Your calorie count is way off. 6 ounces of cucumber is 26 calories, not 12. 30g of avocado is 70 calories, not 48. Please if you plan to use calories – be sure you are using correct data.
Hi Shelby,
I’m pretty careful with my calculations. I’ll send you the screenshot from myfitnesspal
I’m so glad I found you!!! I can’t thank you enough for your help. I am hypothyroid with hashimotos AI disease and have met with a dietician in the past. She helped me realize that I lose weight best by eating 1200 calories, but I struggled to come up with ideas and couldn’t stick to it. With your website, I think I will be able to make it work this time! Thank you!!!
Oh my!! Thank you so much for sharing!
I’m glad you found my site too. Keep me updated on your progress!
hi sorry but 6 oz of grapes are DEFINITELY not 46 calories haha they’re around 114 calories
Hi Rachel! Dang! You are right. When I checked in my fitness pal, it looks like I selected “6 fl.oz”, which gave me 46 calories! I’ll fix it! Thanks so much.
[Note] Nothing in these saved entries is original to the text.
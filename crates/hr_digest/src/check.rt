//! The digest of bytes that come in pieces.
ghost use Rattle.std.specs.Prelude.{◌≡◌, [], ◌++◌};

use crate::Digest;
use hr_base::Trace;
use sha2::{Digest as Hasher, Sha256};
use std::marker::Model;

/// A digest in the making, which contracts see as the list of all the bytes that it was fed. It
/// takes no memory, however many they are. (The algorithm is SHA-256, FIPS 180-4, section 6.2.)
#[derive(Debug, Drop)]
pub struct Check {
    hasher: Sha256,
    fed: Trace<u8>,
}

impl Model for Check {
    ghost use Rattle.sha2.specs.Hashers.{Holds256};
    ghost use Rattle.hr_base.specs.Bytes.{ByteList};

    ghost Value = { ByteList };

    ghost view = { λ c. c.fed.items };

    ghost invariant = { λ c. Holds256 c.hasher c.fed.items };
}

impl Check {
    ghost use Rattle.hr_digest.specs.Digest.{digest_of};

    /// A check that was fed nothing.
    pub fn begin() -> Check
        ensures { result ≡ [] }
    {
        Check {
            hasher: Sha256::new(),
            fed: Trace::new(),
        }
    }

    /// Takes the next piece, of any length. It costs least by pieces of some kilobytes.
    pub fn feed(&mut self, bytes: &[u8])
        ensures { self.new ≡ self.old ++ bytes.now }
    {
        self.hasher.update(bytes);
        self.fed = self.fed.then_all(bytes);
    }

    /// The digest of all the pieces as one text, however it was cut.
    pub fn finish(self) -> Digest
        ensures { result ≡ digest_of self }
    {
        let Check { hasher, fed: _ } = self;
        Digest::Sha256(hasher.finalize())
    }
}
You never changed the grape calories. Make your content correct if you want to be taken seriously. People who want to make healthy changes deserve correct info. Thanks.
I did fix it. I changed it to 3 ounces (originally it had 6 ounces)
Thank you so much for putting all this information and meal plans together! It is a huge help! Please try to ignore all the negativity!
Thank you!!
Glad to have you as a reader
Amy
I see you have a cup of egg whites — what does that equivalent to for using fresh egg whites? (3 or 4 eggs)? I see you use white rice in the plan.. isn’t brown rice better for you? On your protein shakes — how much? what kind?
Hi Clair!
1 cup of egg whites should be 6 egg whites.
Yes, brown rice has more nutrients and fiber! White rice though is gentler on the stomach if too much fiber is a problem. Also, I just love white rice.
I like protein powder that is around 100-140 calories for one scoop. I like ISO100 and Combat!
Question, whenever u have chicken tenders or ground beef/chicken for the dinner meal, how do you cook it? Do u bake it and add spices?
Hi Bethany!
I do it a variety of ways to keep things interesting. Most often, I’ll chop it up into bite sized pieces and just throw it in a skillet with cooking spray and salt. Then, I can throw it on whatever else I’m eating. Like a salad, over zero calorie pasta, or just mixed with cooked veggies. I also put some on a cookie sheet and cook at 425 for about 15-20 minutes, depending on how thick the meat is. But this is about perfect for it not to dry out. I use a thermometer to make sure it gets cooked just right. Then, just salt! Hope that helps!